---- MATERIAL PROVIDED

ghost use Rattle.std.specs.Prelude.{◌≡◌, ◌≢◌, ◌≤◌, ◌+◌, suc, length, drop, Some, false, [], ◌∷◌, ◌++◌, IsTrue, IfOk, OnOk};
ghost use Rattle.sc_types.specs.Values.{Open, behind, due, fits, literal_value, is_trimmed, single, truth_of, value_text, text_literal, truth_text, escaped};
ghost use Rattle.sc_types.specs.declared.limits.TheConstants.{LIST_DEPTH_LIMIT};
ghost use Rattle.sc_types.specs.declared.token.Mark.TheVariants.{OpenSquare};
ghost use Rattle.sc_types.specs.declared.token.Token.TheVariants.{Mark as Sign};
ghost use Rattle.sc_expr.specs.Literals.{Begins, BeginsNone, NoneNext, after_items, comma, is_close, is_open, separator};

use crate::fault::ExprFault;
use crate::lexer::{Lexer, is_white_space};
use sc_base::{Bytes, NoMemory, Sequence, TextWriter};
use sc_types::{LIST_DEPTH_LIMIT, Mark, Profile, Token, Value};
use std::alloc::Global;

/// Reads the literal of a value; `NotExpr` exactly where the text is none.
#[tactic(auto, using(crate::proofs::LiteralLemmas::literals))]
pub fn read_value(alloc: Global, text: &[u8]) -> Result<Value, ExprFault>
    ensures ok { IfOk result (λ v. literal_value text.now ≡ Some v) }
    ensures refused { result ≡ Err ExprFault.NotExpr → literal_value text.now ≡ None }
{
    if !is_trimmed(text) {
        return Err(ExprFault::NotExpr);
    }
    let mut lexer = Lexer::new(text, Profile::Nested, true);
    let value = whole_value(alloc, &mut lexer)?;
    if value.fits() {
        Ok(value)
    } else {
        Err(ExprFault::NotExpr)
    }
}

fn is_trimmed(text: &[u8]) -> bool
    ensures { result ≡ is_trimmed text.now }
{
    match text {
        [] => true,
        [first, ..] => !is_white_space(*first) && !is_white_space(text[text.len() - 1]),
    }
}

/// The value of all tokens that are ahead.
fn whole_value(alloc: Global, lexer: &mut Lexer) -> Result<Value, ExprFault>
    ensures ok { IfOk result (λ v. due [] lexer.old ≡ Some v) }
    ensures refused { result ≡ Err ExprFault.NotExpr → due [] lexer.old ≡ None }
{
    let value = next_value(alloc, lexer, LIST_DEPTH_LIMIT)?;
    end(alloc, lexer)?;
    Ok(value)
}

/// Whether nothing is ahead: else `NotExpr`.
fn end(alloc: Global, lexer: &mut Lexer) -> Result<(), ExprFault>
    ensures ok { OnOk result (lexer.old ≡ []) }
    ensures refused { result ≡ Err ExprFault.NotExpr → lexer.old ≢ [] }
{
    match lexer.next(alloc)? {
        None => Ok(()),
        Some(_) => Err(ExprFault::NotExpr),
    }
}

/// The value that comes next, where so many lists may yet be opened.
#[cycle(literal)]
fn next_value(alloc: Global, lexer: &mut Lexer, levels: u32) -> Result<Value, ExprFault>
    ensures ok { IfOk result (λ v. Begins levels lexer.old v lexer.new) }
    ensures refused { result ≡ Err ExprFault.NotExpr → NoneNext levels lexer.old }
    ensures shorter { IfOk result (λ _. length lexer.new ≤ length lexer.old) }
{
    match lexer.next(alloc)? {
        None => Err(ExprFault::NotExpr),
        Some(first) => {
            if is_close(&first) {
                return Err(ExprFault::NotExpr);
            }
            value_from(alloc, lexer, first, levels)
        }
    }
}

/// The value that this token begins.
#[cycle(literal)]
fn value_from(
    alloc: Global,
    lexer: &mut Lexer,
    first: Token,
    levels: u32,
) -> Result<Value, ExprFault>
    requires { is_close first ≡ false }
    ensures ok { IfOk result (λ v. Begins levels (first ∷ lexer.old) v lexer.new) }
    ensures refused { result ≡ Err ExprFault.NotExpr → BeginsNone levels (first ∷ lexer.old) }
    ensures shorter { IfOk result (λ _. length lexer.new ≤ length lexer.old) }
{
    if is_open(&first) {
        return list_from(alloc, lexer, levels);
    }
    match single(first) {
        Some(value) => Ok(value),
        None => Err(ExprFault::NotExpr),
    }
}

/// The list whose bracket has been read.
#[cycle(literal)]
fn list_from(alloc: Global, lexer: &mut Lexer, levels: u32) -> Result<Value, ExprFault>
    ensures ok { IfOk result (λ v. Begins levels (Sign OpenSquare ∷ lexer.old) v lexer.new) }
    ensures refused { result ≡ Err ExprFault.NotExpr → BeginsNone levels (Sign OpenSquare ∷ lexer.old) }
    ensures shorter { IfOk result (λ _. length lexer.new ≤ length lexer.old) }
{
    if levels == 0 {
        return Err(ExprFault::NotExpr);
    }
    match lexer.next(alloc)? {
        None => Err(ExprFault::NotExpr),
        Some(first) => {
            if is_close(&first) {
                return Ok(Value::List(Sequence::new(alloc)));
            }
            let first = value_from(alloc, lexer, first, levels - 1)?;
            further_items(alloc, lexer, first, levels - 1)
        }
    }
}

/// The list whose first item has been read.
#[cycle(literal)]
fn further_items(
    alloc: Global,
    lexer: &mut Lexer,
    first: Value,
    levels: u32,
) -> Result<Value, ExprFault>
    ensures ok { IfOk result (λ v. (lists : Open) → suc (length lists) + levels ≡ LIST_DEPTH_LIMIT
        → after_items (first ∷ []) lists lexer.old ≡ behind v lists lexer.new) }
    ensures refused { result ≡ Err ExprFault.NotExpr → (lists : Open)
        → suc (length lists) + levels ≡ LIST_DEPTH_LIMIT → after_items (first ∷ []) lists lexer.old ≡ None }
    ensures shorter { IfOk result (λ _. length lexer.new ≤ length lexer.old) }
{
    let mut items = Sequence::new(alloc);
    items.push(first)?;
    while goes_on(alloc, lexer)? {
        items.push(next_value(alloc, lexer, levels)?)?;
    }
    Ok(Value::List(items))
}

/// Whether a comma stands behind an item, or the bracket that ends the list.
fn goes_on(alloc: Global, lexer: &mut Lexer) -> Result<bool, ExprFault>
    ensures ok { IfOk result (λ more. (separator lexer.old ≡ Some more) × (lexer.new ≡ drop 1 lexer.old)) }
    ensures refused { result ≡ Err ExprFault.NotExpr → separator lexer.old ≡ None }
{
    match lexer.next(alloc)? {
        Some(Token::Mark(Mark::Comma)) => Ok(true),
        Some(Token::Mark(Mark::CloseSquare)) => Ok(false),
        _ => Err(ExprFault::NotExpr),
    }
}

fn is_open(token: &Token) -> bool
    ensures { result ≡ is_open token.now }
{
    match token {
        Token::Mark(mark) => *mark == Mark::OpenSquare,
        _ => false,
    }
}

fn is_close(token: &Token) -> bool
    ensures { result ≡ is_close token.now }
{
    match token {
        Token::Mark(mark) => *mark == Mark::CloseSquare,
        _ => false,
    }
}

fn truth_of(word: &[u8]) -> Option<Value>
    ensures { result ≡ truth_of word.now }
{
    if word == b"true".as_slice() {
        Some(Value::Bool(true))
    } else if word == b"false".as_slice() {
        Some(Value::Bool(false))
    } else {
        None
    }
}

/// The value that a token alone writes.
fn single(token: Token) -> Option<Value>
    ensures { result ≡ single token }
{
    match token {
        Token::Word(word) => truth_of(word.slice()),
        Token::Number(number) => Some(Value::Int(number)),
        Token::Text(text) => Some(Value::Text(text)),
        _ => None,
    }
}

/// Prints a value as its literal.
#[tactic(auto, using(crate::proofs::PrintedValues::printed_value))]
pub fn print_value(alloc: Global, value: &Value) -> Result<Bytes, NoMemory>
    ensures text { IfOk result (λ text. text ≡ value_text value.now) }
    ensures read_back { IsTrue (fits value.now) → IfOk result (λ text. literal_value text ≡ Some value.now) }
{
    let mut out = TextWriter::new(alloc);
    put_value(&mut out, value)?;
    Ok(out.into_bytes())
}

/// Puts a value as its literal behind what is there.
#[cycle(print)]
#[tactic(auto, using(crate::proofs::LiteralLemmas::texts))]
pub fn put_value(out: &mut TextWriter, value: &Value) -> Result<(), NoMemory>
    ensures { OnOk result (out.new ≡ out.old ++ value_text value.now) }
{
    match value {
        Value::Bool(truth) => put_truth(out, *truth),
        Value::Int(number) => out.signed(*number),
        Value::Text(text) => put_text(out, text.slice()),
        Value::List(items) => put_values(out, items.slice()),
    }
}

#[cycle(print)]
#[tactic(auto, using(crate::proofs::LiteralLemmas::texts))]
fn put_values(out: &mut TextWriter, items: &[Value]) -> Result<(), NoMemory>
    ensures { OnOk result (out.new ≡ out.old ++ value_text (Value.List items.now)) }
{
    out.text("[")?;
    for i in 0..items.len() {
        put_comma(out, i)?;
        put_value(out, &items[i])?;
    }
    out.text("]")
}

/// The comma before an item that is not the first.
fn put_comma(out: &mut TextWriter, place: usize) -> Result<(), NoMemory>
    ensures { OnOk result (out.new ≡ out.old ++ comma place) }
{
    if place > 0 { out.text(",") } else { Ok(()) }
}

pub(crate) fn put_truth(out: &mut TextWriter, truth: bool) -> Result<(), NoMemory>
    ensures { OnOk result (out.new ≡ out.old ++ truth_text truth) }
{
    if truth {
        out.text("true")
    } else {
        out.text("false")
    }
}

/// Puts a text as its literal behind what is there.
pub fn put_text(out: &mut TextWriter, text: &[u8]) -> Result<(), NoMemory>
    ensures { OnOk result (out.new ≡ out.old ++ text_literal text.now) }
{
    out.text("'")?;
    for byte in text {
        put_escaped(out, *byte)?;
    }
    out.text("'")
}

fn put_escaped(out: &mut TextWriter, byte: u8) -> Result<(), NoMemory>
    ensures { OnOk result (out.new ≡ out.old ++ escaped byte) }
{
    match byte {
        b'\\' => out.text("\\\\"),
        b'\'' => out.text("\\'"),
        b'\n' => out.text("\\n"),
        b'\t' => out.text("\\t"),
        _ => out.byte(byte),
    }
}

--------

Each line above that contains the word "bracket" must be copied.

ANSWER BOX —
/// The list whose bracket has been read.
/// Whether a comma stands behind an item, or the bracket that ends the list.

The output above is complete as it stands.